What you should do
Where does the word "Wrote" occur in the data below? Copy each line that holds it.

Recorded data
════
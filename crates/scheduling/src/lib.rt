// The timetable maker: of a plan of either edition that the plan checker accepts it makes the timetable by the making rule.
// specs/Making.antt has the rule, specs/Maker.antt the answer and the buffer afterwards; `make` is the entry point. A pass over the plan
// fills a window of 4096 steps (crates/passing), which is then written; most plans need one. specs/Windows.antt has the steps window by
// window.
#![tactic(auto)]

ghost use Rattle.std.specs.Prelude.{◌≡◌, [], ◌∷◌, ◌+◌, ◌*◌, ◌^◌, ◌≤◌, ◌<◌, length};
ghost use Rattle.answers.specs.Answer.{accepted};
ghost use Rattle.field.specs.PlanMoves.{all_moves};
ghost use Rattle.field.specs.Writing.{written, Fits, Wrote};
ghost use Rattle.plan.specs.Verdict.{answer_of as plan_answer_of};
ghost use Rattle.window.specs.Filling.{latest};
ghost use Rattle.window.specs.Rows.{EntriesFit, Left, row_moves, rows, step_bytes, steps_bytes};
ghost use Rattle.passing.specs.Stretches.{Begun, Kept};
ghost use Rattle.scheduling.specs.Windows.{window_steps, all_steps, Counted};
ghost use Rattle.scheduling.specs.Maker.{maker_answer, buffer_after, steps_answer, answer_of};

use answers::{Fault, Refusal};
use field::Moves;

// Writes the step that a row of the window holds from byte `at` on, and says where the next one begins. Only the entries of the positions
// that its moves leave are read, the lowest first. The count is known last, and written last.
fn write_step(
    window: &[u8; 262144],
    leaving: &[u64; 4096],
    row: usize,
    buffer: &mut [u8],
    at: usize,
) -> usize
    requires row_bound { (row < 4096) × Fits buffer.old at (step_bytes (row_moves window.now row)) }
    requires entries_fit { EntriesFit window.now × Left window.now leaving.now }
    ensures { Wrote buffer.old at (step_bytes (row_moves window.now row)) buffer.new result }
{
    let base = row * 64;
    let mut count = 0;
    let mut rest = leaving[row];
    while rest != 0 {
        let p = sets::lowest(rest);
        let entry = usize::from(window[base + p]);
        recording::put_pair(&mut buffer[at + 1..], count, p, entry - 1);
        count += 1;
        rest = sets::without(rest, p);
    }
    buffer[at] = count as u8;
    at + 1 + (12 * count + 7) / 8
}

// Writes the steps of the window's first n rows from byte `at` on, and says where the next step begins.
fn write_window(
    window: &[u8; 262144],
    leaving: &[u64; 4096],
    n: usize,
    buffer: &mut [u8],
    at: usize,
) -> usize
    requires n_bound { (n ≤ 4096) × Fits buffer.old at (steps_bytes (rows window.now 0 n)) }
    requires entries_fit { EntriesFit window.now × Left window.now leaving.now }
    ensures { Wrote buffer.old at (steps_bytes (rows window.now 0 n)) buffer.new result }
{
    let mut next = at;
    for row in 0..n {
        next = write_step(window, leaving, row, buffer, next);
    }
    next
}

// How far a timetable is written: so many windows, of so many steps in all, and where the next step begins.
#[derive(Clone, Copy)]
struct Progress {
    windows: usize,
    steps: usize,
    next: usize,
}

// Makes and writes the steps of the next window. How many steps there are in all is known from the first one on.
fn make_window(
    moves: &Moves,
    book: &mut [[u32; 128]],
    due: &mut [usize],
    buffer: &mut [u8],
    done: Progress,
) -> Progress
    requires k_nonzero { (0 < moves.now.count) × (4096 * done.windows < 2 ^ 22) }
    requires due_nonzero { (0 < length due.old)
        × Kept moves.now.named moves.now.tail.now moves.now.count (length due.old) (4096 * done.windows) book.old due.old }
    requires counted { Counted (all_moves moves.now) due.old done.steps done.windows
        × Fits buffer.old done.next (steps_bytes (window_steps (all_moves moves.now) (4096 * done.windows))) }
    ensures windows_value { (result.windows ≡ done.windows + 1) × (result.steps ≡ latest (all_moves moves.now))
        × Kept moves.now.named moves.now.tail.now moves.now.count (length due.old) (4096 * result.windows) book.new due.new }
    ensures wrote { Wrote buffer.old done.next
        (steps_bytes (window_steps (all_moves moves.now) (4096 * done.windows))) buffer.new result.next }
{
    let mut window = [0u8; 262144];
    let mut leaving = [0u64; 4096];
    let first = 4096 * done.windows;
    let found = passing::pass_plan(moves, first, book, due, &mut window, &mut leaving);
    let steps = done.steps.max(found);
    let n = steps.saturating_sub(first).min(4096);
    let next = write_window(&window, &leaving, n, buffer, done.next);
    Progress {
        windows: done.windows + 1,
        steps,
        next,
    }
}

// Makes and writes all steps of a plan's moves behind the record's head, window by window, and says how many they are. Until
// that is known it counts as 1, so that the first window is made.
fn make_windows(
    moves: &Moves,
    book: &mut [[u32; 128]],
    due: &mut [usize],
    buffer: &mut [u8],
) -> usize
    requires k_nonzero { (0 < moves.now.count)
        × Fits buffer.old 3 (steps_bytes (all_steps (all_moves moves.now))) }
    requires due_nonzero { (0 < length due.old) × Begun due.old
        × Kept moves.now.named moves.now.tail.now moves.now.count (length due.old) 0 book.old due.old }
    ensures { (result ≡ latest (all_moves moves.now))
        × (buffer.new ≡ written buffer.old 3 (steps_bytes (all_steps (all_moves moves.now)))) }
{
    let mut done = Progress {
        windows: 0,
        steps: 1,
        next: 3,
    };
    while 4096 * done.windows < done.steps {
        done = make_window(moves, book, due, buffer, done);
    }
    done.steps
}

// So many moves are passed as one stretch: a book for more of them takes longer to clear than is saved.
const ORDINARY: usize = 16384;

// Makes and writes all steps, with a book of so many stretches, which has a row more, and says how many they are. A function of its own:
// a book that stood in `make_steps` would be cleared for every plan, whichever of the two it is made with.
fn make_steps_in<const ROWS: usize, const STRETCHES: usize>(
    moves: &Moves,
    buffer: &mut [u8],
) -> usize
    requires k_nonzero { (0 < moves.now.count)
        × Fits buffer.old 3 (steps_bytes (all_steps (all_moves moves.now))) }
    requires rows { (ROWS ≡ STRETCHES + 1) × (0 < STRETCHES) × (STRETCHES ≤ 128) }
    ensures { (result ≡ latest (all_moves moves.now))
        × (buffer.new ≡ written buffer.old 3 (steps_bytes (all_steps (all_moves moves.now)))) }
{
    let mut book = [[0u32; 128]; ROWS];
    let mut due = [0usize; STRETCHES];
    make_windows(moves, &mut book, &mut due, buffer)
}

// Makes and writes all steps, with a book of as many stretches as the plan's length is worth, and says how many they are.
fn make_steps(moves: &Moves, buffer: &mut [u8]) -> usize
    requires { Fits buffer.old 3 (steps_bytes (all_steps (all_moves moves.now))) }
    ensures { (result ≡ latest (all_moves moves.now))
        × (buffer.new ≡ written buffer.old 3 (steps_bytes (all_steps (all_moves moves.now)))) }
{
    if moves.count == 0 {
        return 0;
    }
    if moves.count <= ORDINARY {
        return make_steps_in::<2, 1>(moves, buffer);
    }
    make_steps_in::<129, 128>(moves, buffer)
}

// How many steps the timetable of a plan for an order has, which is not written: the plan checker's numbers, or that count.
pub fn count_steps(order: &[u8], plan: &[u8]) -> Result<usize, Refusal>
    ensures { answer_of result ≡ steps_answer order.now plan.now }
{
    let k = plan_check::check(order, plan)?;
    let moves = Moves {
        tail: &plan[3..],
        named: plan::names_racks(plan),
        count: k,
    };
    Ok(passing::latest_step(&moves))
}

// Makes the timetable of a plan for an order and writes it at the front of the buffer: the plan checker's numbers, then 44.
pub fn make(order: &[u8], plan: &[u8], buffer: &mut [u8]) -> Result<usize, Refusal>
    ensures result_value { answer_of result ≡ maker_answer order.now plan.now (length buffer.old) }
    ensures buffer_after { buffer.new ≡ buffer_after order.now plan.now buffer.old }
{
    let k = plan_check::check(order, plan)?;
    if buffer.len() < 3 * k + 3 {
        return Err(Refusal(Fault::TimetableBuffer, 0));
    }
    let moves = Moves {
        tail: &plan[3..],
        named: plan::names_racks(plan),
        count: k,
    };
    let s = make_steps(&moves, buffer);
    recording::put_head(buffer, s, 0);
    Ok(s)
}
════
Solution
ghost use Rattle.field.specs.Writing.{written, Fits, Wrote};
    ensures { Wrote buffer.old at (step_bytes (row_moves window.now row)) buffer.new result }
    ensures { Wrote buffer.old at (steps_bytes (rows window.now 0 n)) buffer.new result }
    ensures wrote { Wrote buffer.old done.next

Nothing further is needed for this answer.